* _The problem_: Whenever a line in the entries below contains the string "after", copy that line.

** Opening Data to process block **

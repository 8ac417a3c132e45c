// A text read, judged and polished in lent places: what the text program and the season report stand on. No entry: crates text and season_report call it.
#![tactic(auto)]

ghost use Rattle.theory.specs.Tables.{tables};
ghost use Rattle.text_problem.specs.Judged.{ProblemPlaces};
ghost use Rattle.text_polishing.specs.Outcome.{Asked, PolishedIn, Tells};

use text_problem::ProblemRead;
use theory::{Polished, Refusal};

// What came of a question that was polished, and the number of its stops, which are in lent places.
#[derive(Clone, Copy, Debug, PartialEq, Eq)]
pub struct TextAnswer {
    pub polished: Polished,
    pub count: usize,
}

// The problem that was read, polished in its place. A text holds no pairs.
fn polish_problem(
    problem: ProblemRead,
    legs: &[u32],
    latest: &[u32],
    service: &[u32],
    stops: &mut [u32],
) -> Polished
    requires { Asked problem.header problem.count (tables 96 legs.now latest.now service.now) stops.old }
    ensures { PolishedIn problem.header problem.count (tables 96 legs.now latest.now service.now) stops.old result stops.new }
{
    let ProblemRead { header, count } = problem;
    let k = header.k as usize;
    let allowance = header.allowance as u64;
    let locations = header.locations;
    let cells = locations * locations;
    let none = [0u64; 1];
    polishing::polish_route(
        k,
        allowance,
        locations,
        &legs[..cells],
        &latest[..locations],
        &service[..locations],
        header.depot,
        header.end,
        &legs[..0],
        &none[..0],
        &mut stops[..count],
    )
}

pub fn polish_in_places(
    text: &[u8],
    legs: &mut [u32],
    latest: &mut [u32],
    service: &mut [u32],
    stops: &mut [u32],
) -> Result<TextAnswer, Refusal>
    requires { ProblemPlaces (tables 96 legs.old latest.old service.old) stops.old }
    ensures { Tells text.now stops.new result }
{
    let problem = text_problem::read_problem(text, legs, latest, service, stops)?;
    let polished = polish_problem(problem, legs, latest, service, stops);
    Ok(TextAnswer {
        polished,
        count: problem.count,
    })
}
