// Polishes the round on standard input and writes the answer.
#![tactic(auto)]

ghost use Rattle.std.specs.Prelude.{IfSome, OnErr, OnOk, take};
ghost use Rattle.std.specs.Io.KnownBytes.{Appends};
ghost use Rattle.lent_bytes.specs.Lent.{WritesPart};
ghost use Rattle.text.specs.Program.{program};

use std::io::{self, Read, Write};
use text::PolishText;

// Reads a text and writes its answer. One byte more than a text may have is read, so that a longer one is known. Where it returns an error, what was written is a first part of the
// answer, maybe none.
fn answer_text<R: Read, W: Write>(reader: &mut R, writer: &mut W) -> io::Result<()>
    ensures answered { OnOk result (IfSome (R.remaining reader.old) (λ text. Appends (W.contents writer.old) (W.contents writer.new) (program (take 60001 text)))) }
    ensures part { OnErr result (IfSome (R.remaining reader.old) (λ text. WritesPart (W.contents writer.old) (W.contents writer.new) (program (take 60001 text)))) }
{
    let mut input = [0u8; 60001];
    lent_bytes::answer_input::<6500, PolishText, R, W>(&mut input, reader, writer)
}

fn main(rt: HostRuntime) -> io::Result<()> {
    answer_text(&mut rt.stdin(), &mut rt.stdout())
}
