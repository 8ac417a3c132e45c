// A route cut into segments and put together again in the order of a pattern. No entry: the crates above call it.
#![tactic(auto)]

ghost use Rattle.std.specs.Prelude.{◌≡◌, ◌++◌, reverse, ◌+◌, ◌-◌, ◌≤◌, length, take, drop};
ghost use Rattle.theory.specs.Route.{reverses, reverse_if, reconnected};
ghost use Rattle.reconnection.specs.Segments.{bound, SegmentPuttable, Fits, Reconnectable};

// src into dst from `at` on. An entry at a time, here and below: copy_from_slice becomes a call of memmove, which a host need not have.
pub fn copy_in(src: &[u32], dst: &mut [u32], at: usize)
    requires { Fits src.now dst.old at }
    ensures { dst.new ≡ take at dst.old ++ src.now ++ drop (at + length src.now) dst.old }
{
    for i in 0..src.len() {
        dst[at + i] = src[i];
    }
}

// src from its end to its start into dst from `at` on.
fn reverse_in(src: &[u32], dst: &mut [u32], at: usize)
    requires { Fits src.now dst.old at }
    ensures { dst.new ≡ take at dst.old ++ reverse src.now ++ drop (at + length src.now) dst.old }
{
    let n = src.len();
    for i in 0..n {
        dst[at + i] = src[n - 1 - i];
    }
}

// Where segment i begins, and where segment i - 1 ends.
fn segment_start(cuts: &[usize], n: usize, i: usize) -> usize
    requires { i ≤ length cuts.now + 1 }
    ensures { result ≡ bound cuts.now n i }
{
    if i == 0 {
        return 0;
    }
    if i <= cuts.len() {
        return cuts[i - 1];
    }
    n
}

// Whether bit `segment` of the mask is set.
pub fn should_reverse(mask: u8, segment: usize) -> bool
    ensures { result ≡ reverses mask segment }
{
    if segment > 7 {
        return false;
    }
    (mask >> segment) % 2 == 1
}

// The part a..b of the route into out from `at` on, reversed where `flip` says so.
fn put_segment(route: &[u32], a: usize, b: usize, flip: bool, out: &mut [u32], at: usize)
    requires { SegmentPuttable route.now a b out.old at }
    ensures { out.new ≡ take at out.old ++ reverse_if flip (take (b - a) (drop a route.now)) ++ drop (at + (b - a)) out.old }
{
    if flip {
        reverse_in(&route[a..b], out, at);
    } else {
        copy_in(&route[a..b], out, at);
    }
}

// The route after the pattern is applied at the cuts, into out.
pub fn reconnect(route: &[u32], cuts: &[usize], order: &[u8], mask: u8, out: &mut [u32])
    requires { Reconnectable route.now cuts.now order.now out.old }
    ensures { out.new ≡ reconnected (record { cuts = cuts.now; pattern = record { order = order.now; mask = mask } }) route.now }
{
    let n = route.len();
    let mut at = 0;
    for position in 0..order.len() {
        let segment = order[position] as usize;
        let a = segment_start(cuts, n, segment);
        let b = segment_start(cuts, n, segment + 1);
        let flip = should_reverse(mask, segment);
        put_segment(route, a, b, flip, out, at);
        at += b - a;
    }
}
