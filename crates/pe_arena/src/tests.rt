//! What no contract says: that there is memory for the inserts, and that the comparisons serve at run time.
use crate::{Arena, DocRef, Handle, Insert};
use pe_base::DocNo;

// An insert after a run-time test of its condition.
fn put(arena: &mut Arena<u32>, value: u32) -> Result<Handle, Insert<u32>> {
    if arena.made() == u64::MAX {
        return Err(Insert::Full(value));
    }
    arena.insert(value)
}

fn handle(slot: u32, generation: u64) -> Handle {
    Handle { slot, generation }
}

#[test]
fn a_slot_at_the_greatest_generation_is_retired(rt: HostRuntime) {
    let mut arena = Arena::new(rt.alloc(), 1, u64::MAX);
    let h = handle(0, u64::MAX);
    assert_eq!(rt; put(&mut arena, 7), Ok(h));
    assert_eq!(rt; put(&mut arena, 8), Err(Insert::Full(8)));
    assert_eq!(rt; arena.remove(h), Some(7));
    assert_eq!(rt; arena.get(h), None);
    assert_eq!(rt; put(&mut arena, 8), Err(Insert::Full(8)));
    assert_eq!(rt; arena.made(), 1);
}

#[test]
fn a_removed_slot_is_used_again(rt: HostRuntime) {
    let mut arena = Arena::new(rt.alloc(), 1, 0);
    let h = handle(0, 0);
    let g = handle(0, 1);
    assert_eq!(rt; put(&mut arena, 7), Ok(h));
    assert_eq!(rt; arena.remove(h), Some(7));
    assert_eq!(rt; put(&mut arena, 8), Ok(g));
    assert_eq!(rt; arena.get(h), None);
    assert_eq!(rt; arena.get(g), Some(&8));
}

#[test]
fn handles_of_several_slots(rt: HostRuntime) {
    let mut arena = Arena::new(rt.alloc(), 3, 5);
    assert_eq!(rt; put(&mut arena, 10), Ok(handle(0, 5)));
    assert_eq!(rt; put(&mut arena, 11), Ok(handle(1, 5)));
    assert_eq!(rt; arena.remove(handle(0, 5)), Some(10));
    assert_eq!(rt; arena.remove(handle(0, 5)), None);
    assert_eq!(rt; put(&mut arena, 12), Ok(handle(0, 6)));
    assert_eq!(rt; put(&mut arena, 13), Ok(handle(2, 5)));
    assert_eq!(rt; put(&mut arena, 14), Err(Insert::Full(14)));
    if let Some(value) = arena.get_mut(handle(0, 6)) {
        *value = 15;
    }
    assert!(rt; arena.get_mut(handle(0, 5)).is_none());
    assert_eq!(rt; arena.get(handle(0, 6)), Some(&15));
    assert_eq!(rt; arena.get(handle(1, 5)), Some(&11));
    assert_eq!(rt; arena.made(), 4);
}

// Each number of values is taken in, and all of them are taken out: the lists grow several times.
#[test]
fn many_values(rt: HostRuntime) {
    let mut arena = Arena::new(rt.alloc(), u32::MAX, 0);
    for value in 0..1000u32 {
        assert_eq!(rt; put(&mut arena, value), Ok(handle(value, 0)));
    }
    for value in 0..1000u32 {
        assert_eq!(rt; arena.remove(handle(value, 0)), Some(value));
    }
    for value in 0..1000u32 {
        assert!(rt; put(&mut arena, value).is_ok());
    }
    assert_eq!(rt; arena.made(), 2000);
}

#[test]
fn names_of_documents_compare(rt: HostRuntime) {
    let first = DocRef {
        at: handle(1, 0),
        doc: DocNo::of(2),
    };
    let later = DocRef {
        at: handle(1, 0),
        doc: DocNo::of(3),
    };
    assert_eq!(rt; first, first);
    assert_ne!(rt; first, later);
    assert!(rt; handle(0, 9) < handle(1, 0));
}
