//! Values under handles that no two inserts share.
#![tactic(auto)]

mod arena;
mod handle;

pub use arena::{Arena, Insert};
pub use handle::{DocRef, Handle};

#[cfg(test)]
mod tests;
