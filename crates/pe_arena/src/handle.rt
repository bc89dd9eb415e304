//! Handles.
use pe_base::DocNo;

/// The name of a value in an arena. A handle whose value was removed never names a value again.
#[derive(Clone, Copy, Debug, PartialEq, Eq, PartialOrd, Ord, Hash)]
pub struct Handle {
    /// The number of the slot that holds the value.
    pub slot: u32,
    /// Which of the slot's values it is: each of them has a greater generation than those before it.
    pub generation: u64,
}

/// The name of a document: the frame that shows it, and the document's number. A frame shows other
/// documents later, so the handle alone does not name the document.
#[derive(Clone, Copy, Debug, PartialEq, Eq, PartialOrd, Ord, Hash)]
pub struct DocRef {
    /// The frame.
    pub at: Handle,
    /// The document.
    pub doc: DocNo,
}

** Closing Data to process block **

* _Exercise result_:
// The route after the pattern is applied at the cuts, into out.
// An insert after a run-time test of its condition.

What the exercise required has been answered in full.